→ **Try it**
Search the listing below for the string "Heard", then copy every line it appears in.

→ **Data records**

○ ○ ○

//! A client's connection: what is read of it, and what is written to it.
ghost use Rattle.std.specs.Io.{ReadsAtMost};

use crate::clock::millis_now;
use crate::door::READ_TURN;
use crate::peer::Peer;
use crate::registry::Registry;
use crate::visitor::Visitor;
use presence::{Connection, has_gone};
use session_pool::{Caller, Visit};
use std::alloc::{AllocError, Global};
use std::io::{ErrorKind, Read, Write};
use std::net::TcpStream;
use std::sync::{Arc, Wait};
use std::time::{Clock, Duration};
use std::{io, thread};

/// How often a write that moves no byte is tried: so many turns a client may take nothing of what it is sent.
const WRITE_TURNS: u64 = 60;

/// How long a session that reads nothing for a while sleeps before it looks whether its client is there, in milliseconds.
const REST_TURN: u64 = 100;

/// How many bytes are read at once where a command is awaited. As it reads and writes a session sees that its client has gone,
/// so it answers only a few commands between.
const COMMANDS: usize = 2_048;

/// A client that has come, on its way to a worker.
pub type Client<'a, R> = Caller<ClientInput<'a, R>, ClientOutput, Visitor<'a, R>>;

/// A client that has come, with the terms that its session is served by.
pub type ClientVisit<'a, R> = Visit<ClientInput<'a, R>, ClientOutput, Visitor<'a, R>>;

/// Makes the caller of a connection.
pub(crate) fn caller_of<'a, R>(
    alloc: Global,
    registry: &'a Registry<'a, R>,
    (stream, peer): (TcpStream, Peer),
    number: u64,
) -> Result<Client<'a, R>, AllocError> {
    let stream = Arc::new(alloc, stream)?;
    let output = ClientOutput {
        stream: Arc::try_clone(&stream)?,
    };
    let connection = Connection::new(Arc::try_clone(&stream)?);
    let client = Visitor::new(connection, registry, number, peer);
    let input = ClientInput {
        stream,
        registry,
        session: number,
        asked: 0,
    };
    Ok(Caller::new(number, input, output, client))
}

/// Says whether a call has ended because its time was over.
fn is_of_time(done: &io::Result<usize>) -> bool {
    match done {
        Ok(_) => false,
        Err(error) => error.kind() == ErrorKind::WouldBlock,
    }
}

/// Reads once, and no more than so many bytes.
fn read_few(stream: &TcpStream, buf: &mut [u8], most: usize) -> io::Result<usize>
    ensures { ReadsAtMost result buf.new }
{
    let mut stream = stream;
    if buf.len() <= most {
        return stream.read(buf);
    }
    stream.read(&mut buf[..most])
}

/// What a client sends. Where its session is to end, because the client sends nothing, it ends.
pub struct ClientInput<'a, R> {
    stream: Arc<TcpStream>,
    registry: &'a Registry<'a, R>,
    session: u64,
    /// When it was last asked whether the session is to end, in milliseconds.
    asked: u64,
}

impl<'a, R> Drop for ClientInput<'a, R> {
    fn drop(self) {
        let ClientInput {
            stream: _,
            registry: _,
            session: _,
            asked: _,
        } = self;
    }
}

impl<'a, R: Clock + Wait> ClientInput<'a, R> {
    /// Waits for as long as the session reads nothing, and says whether the client is still there.
    fn rest(&self) -> bool {
        for _ in 0..u64::MAX {
            let left = self.registry.rest_of(self.session);
            if left == 0 {
                return true;
            }
            if has_gone(self.stream.as_ref()) {
                return false;
            }
            let turn = Duration::from_millis(left.min(REST_TURN));
            thread::sleep(self.registry.runtime(), turn);
        }
        true
    }

    /// Says whether the session is to end. That is asked once in a turn of reading, since all sessions ask at one place.
    fn is_to_end(&mut self) -> bool {
        let now = millis_now(self.registry.runtime());
        if now < self.asked.saturating_add(READ_TURN) {
            return false;
        }
        self.asked = now;
        self.registry.is_to_end(self.session)
    }

    /// Reads once: of commands only a few.
    fn read_once(&self, buf: &mut [u8]) -> io::Result<usize>
        ensures { ReadsAtMost result buf.new }
    {
        let most = if self.registry.awaits_command(self.session) {
            COMMANDS
        } else {
            buf.len()
        };
        read_few(self.stream.as_ref(), buf, most)
    }
}

impl<'a, R: Clock + Wait> Read for ClientInput<'a, R> {
    fn read(&mut self, buf: &mut [u8]) -> io::Result<usize> {
        if !self.rest() {
            return Ok(0);
        }
        for _ in 0..u64::MAX {
            if self.is_to_end() {
                return Ok(0);
            }
            let done = self.read_once(buf);
            if !is_of_time(&done) {
                return done;
            }
        }
        Ok(0)
    }
}

/// What a client is sent. A client that takes nothing of it for a minute is given up.
pub struct ClientOutput {
    stream: Arc<TcpStream>,
}

impl Drop for ClientOutput {
    fn drop(self) {
        let ClientOutput { stream: _ } = self;
    }
}

impl Write for ClientOutput {
    fn write(&mut self, buf: &[u8]) -> io::Result<usize> {
        let mut stream = self.stream.as_ref();
        for _ in 0..WRITE_TURNS {
            let done = stream.write(buf);
            if !is_of_time(&done) {
                return done;
            }
        }
        Err(io::Error::from(ErrorKind::TimedOut))
    }

    fn flush(&mut self) -> io::Result<()> {
        Ok(())
    }
}
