//! Where connections come in over TCP.

use crate::peer::Peer;
use crate::registry::Registry;
use session_pool::{Reading, SessionPool, Terms};
use std::alloc::{AllocError, Global};
use std::io;
use std::net::{Net, TcpListener, TcpStream};
use std::sync::{Arc, Wait};
use std::time::{Clock, Duration};

/// How long a read waits before its session asks whether it is to end, in milliseconds.
pub(crate) const READ_TURN: u64 = 250;

/// How long a write waits, in seconds.
const WRITE_TURN: u64 = 1;

/// What a client has said before its session begins.
#[derive(Clone, Copy)]
pub enum Heard {
    /// All that it is to say.
    All,
    /// Not all of it yet.
    Part,
    /// What it may not say; or it has gone.
    Wrong,
}

/// A pool whose sessions a registry knows.
pub type Pool<'s, R> = SessionPool<'s, Registry<'s, R>, Registry<'s, R>>;

/// Where connections come in.
pub trait Door {
    /// Says at how many places connections come in.
    fn places(&self) -> usize;

    /// Says whether it may be waited for a connection, at a door with one place.
    fn may_wait(&self) -> bool;

    /// Takes a connection that has come at a place, if there is one. Where it may wait, it waits for one.
    fn take(&self, place: usize, waits: bool) -> Option<(TcpStream, Peer)>;

    /// Sets what each connection has: nobody waits for a client for long.
    fn prepare(&self, stream: &TcpStream) -> io::Result<()>;

    /// Hears what a client says before its session begins, and notes it. It does not wait for the client.
    fn hear(&self, stream: &TcpStream, said: &mut Vec<u8>) -> Heard;

    /// Gives the terms of a session that begins now, whose client has said this.
    fn terms<R: Clock + Net + Wait>(
        &self,
        pool: &Pool<'_, R>,
        registry: &Registry<'_, R>,
        said: &[u8],
    ) -> Result<Terms, AllocError>;
}

/// Lets nobody wait long for a client.
pub(crate) fn limit_turns(stream: &TcpStream) -> io::Result<()> {
    stream.set_read_timeout(Some(Duration::from_millis(READ_TURN)))?;
    stream.set_write_timeout(Some(Duration::from_secs(WRITE_TURN)))
}

/// Knows the newest reading of the file of users.
pub trait Readings {
    /// Gives what a session is served by that begins now; none where it is served by what the server was started with. The
    /// file of users is read anew where it has changed, and the journal has a line of that.
    fn newest<R: Clock + Wait>(
        &self,
        registry: &Registry<'_, R>,
    ) -> Result<Option<Arc<Reading>>, AllocError>;
}

/// Never reads the file of users again.
#[derive(Clone, Copy)]
pub struct ReadOnce;

impl Readings for ReadOnce {
    fn newest<R: Clock + Wait>(
        &self,
        _registry: &Registry<'_, R>,
    ) -> Result<Option<Arc<Reading>>, AllocError> {
        Ok(None)
    }
}

/// The door to the network: connections come in at several addresses, and each session is served by the newest reading of the
/// file of users.
pub struct Street<'a, N> {
    listeners: &'a [TcpListener],
    readings: &'a N,
}

impl<'a, N> Drop for Street<'a, N> {
    fn drop(self) {
        let Street {
            listeners: _,
            readings: _,
        } = self;
    }
}

impl<'a, N> Street<'a, N> {
    /// Makes the door to these addresses.
    pub fn new(listeners: &'a [TcpListener], readings: &'a N) -> Self {
        Street {
            listeners,
            readings,
        }
    }
}

impl<'a, N: Readings> Door for Street<'a, N> {
    fn places(&self) -> usize {
        self.listeners.len()
    }

    fn may_wait(&self) -> bool {
        true
    }

    fn take(&self, place: usize, waits: bool) -> Option<(TcpStream, Peer)> {
        let listener = self.listeners.get(place)?;
        // where the mode cannot be set, it is as it was
        let _ = listener.set_nonblocking(!waits);
        let (stream, address) = listener.accept().ok()?;
        Some((stream, Peer::of(address)))
    }

    fn prepare(&self, stream: &TcpStream) -> io::Result<()> {
        // replies go out at once
        stream.set_nodelay(true)?;
        limit_turns(stream)
    }

    fn hear(&self, _stream: &TcpStream, _said: &mut Vec<u8>) -> Heard {
        Heard::All
    }

    fn terms<R: Clock + Net + Wait>(
        &self,
        _pool: &Pool<'_, R>,
        registry: &Registry<'_, R>,
        _said: &[u8],
    ) -> Result<Terms, AllocError> {
        match self.readings.newest(registry)? {
            Some(reading) => Ok(Terms::ReadAgain(reading)),
            None => Ok(Terms::OfStart),
        }
    }
}
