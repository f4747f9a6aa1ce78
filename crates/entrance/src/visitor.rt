//! The client of a session.

use crate::peer::Peer;
use crate::registry::Registry;
use byte_string::ByteString;
use presence::{Connection, Deed, Presence};
use std::alloc::{AllocError, Global};
use std::sync::Wait;
use std::time::Clock;
use svnpath::Path;

/// The client of a session, who may have gone, and whose changes are told: who tells them, the number of the session, and the
/// address of the client.
pub struct Visitor<'a, R> {
    connection: Connection,
    told: Option<(&'a Registry<'a, R>, u64, Peer)>,
}

impl<'a, R> Drop for Visitor<'a, R> {
    fn drop(self) {
        let Visitor {
            connection: _,
            told: _,
        } = self;
    }
}

impl<'a, R> Visitor<'a, R> {
    /// Makes the client of the session of this number, at this address.
    pub(crate) fn new(
        connection: Connection,
        registry: &'a Registry<'a, R>,
        session: u64,
        peer: Peer,
    ) -> Self {
        Visitor {
            connection,
            told: Some((registry, session, peer)),
        }
    }
}

/// Writes a path from the root; bytes that are not printable ASCII are escaped.
fn path_text(alloc: Global, path: &Path) -> Result<String, AllocError> {
    let mut bytes = Vec::new(alloc);
    path.append_text(&mut bytes)?;
    format!(in alloc; "{}", bytes.as_slice().escape_ascii())
}

/// Writes why a change was refused.
fn refusal_text(
    alloc: Global,
    number: u64,
    text: &[u8],
    path: Option<&Path>,
) -> Result<String, AllocError> {
    let text = text.escape_ascii();
    match path {
        Some(path) => {
            let path = path_text(alloc, path)?;
            format!(in alloc; "is refused a change at {path}: {number} {text}")
        }
        None => format!(in alloc; "is refused a change: {number} {text}"),
    }
}

/// Writes what was done.
fn deed_text(alloc: Global, deed: Deed<'_>) -> Result<String, AllocError> {
    match deed {
        Deed::Commits(revision) => format!(in alloc; "commits revision {revision}"),
        Deed::Locks(path) => {
            let path = path_text(alloc, path)?;
            format!(in alloc; "locks {path}")
        }
        Deed::Unlocks(path) => {
            let path = path_text(alloc, path)?;
            format!(in alloc; "unlocks {path}")
        }
        Deed::ChangesProperty(revision, name) => {
            let name = name.as_slice().escape_ascii();
            format!(in alloc; "changes {name} of revision {revision}")
        }
        Deed::IsRefused(refusal, path) => {
            refusal_text(alloc, refusal.number(), refusal.text(), path)
        }
        Deed::MeetsFailure => String::from_str(alloc, "makes no change: the store fails"),
    }
}

/// Writes who did it, and what.
fn line_text(
    alloc: Global,
    session: u64,
    peer: Peer,
    user: Option<&ByteString>,
    deed: Deed<'_>,
) -> Result<String, AllocError> {
    let deed = deed_text(alloc, deed)?;
    match user {
        Some(user) => {
            let user = user.as_slice().escape_ascii();
            format!(in alloc; "session {session} ({user}, {peer}) {deed}")
        }
        None => format!(in alloc; "session {session} ({peer}) {deed}"),
    }
}

impl<'a, R: Clock + Wait> Presence for Visitor<'a, R> {
    fn nobody() -> Self {
        Visitor {
            connection: Connection::nobody(),
            told: None,
        }
    }

    fn share(&self) -> Result<Self, AllocError> {
        Ok(Visitor {
            connection: self.connection.share()?,
            told: self.told,
        })
    }

    fn is_gone(&self) -> bool {
        self.connection.is_gone()
    }

    fn is_gone_meanwhile(&self) -> bool {
        match self.told {
            Some((registry, session, _)) => registry.has_edited(session) && self.is_gone(),
            None => false,
        }
    }

    fn notes(&self, user: Option<&ByteString>, deed: Deed<'_>) {
        let Some((registry, session, peer)) = self.told else {
            return;
        };
        if let Some(alloc) = registry.writes_deeds() {
            registry.tell_deed(line_text(alloc, session, peer, user, deed));
        }
    }
}
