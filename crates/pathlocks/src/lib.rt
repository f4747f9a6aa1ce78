//! Locks of paths: a map from paths to locks, what refuses a lock and an unlock, which locks stand in
//! the way of changes, and the release of those that a commit used.
#![tactic(auto)]

mod finding;
mod laws;
mod locks;
mod refusing;
mod sharing;

pub use laws::{
    a_release_of_none_changes_nothing, accepted_commits_hold_locks, locks_in_the_way_are_held,
    other_locks_stay, tokens_stay_distinct, unnamed_locks_stay,
};
pub use locks::Locks;
pub use sharing::{lock_shared, put_shared, release_shared, unlock_shared};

○ ○ ○

→ **Result**
pub enum Heard {
    fn hear(&self, stream: &TcpStream, said: &mut Vec<u8>) -> Heard;
    fn hear(&self, _stream: &TcpStream, _said: &mut Vec<u8>) -> Heard {
        Heard::All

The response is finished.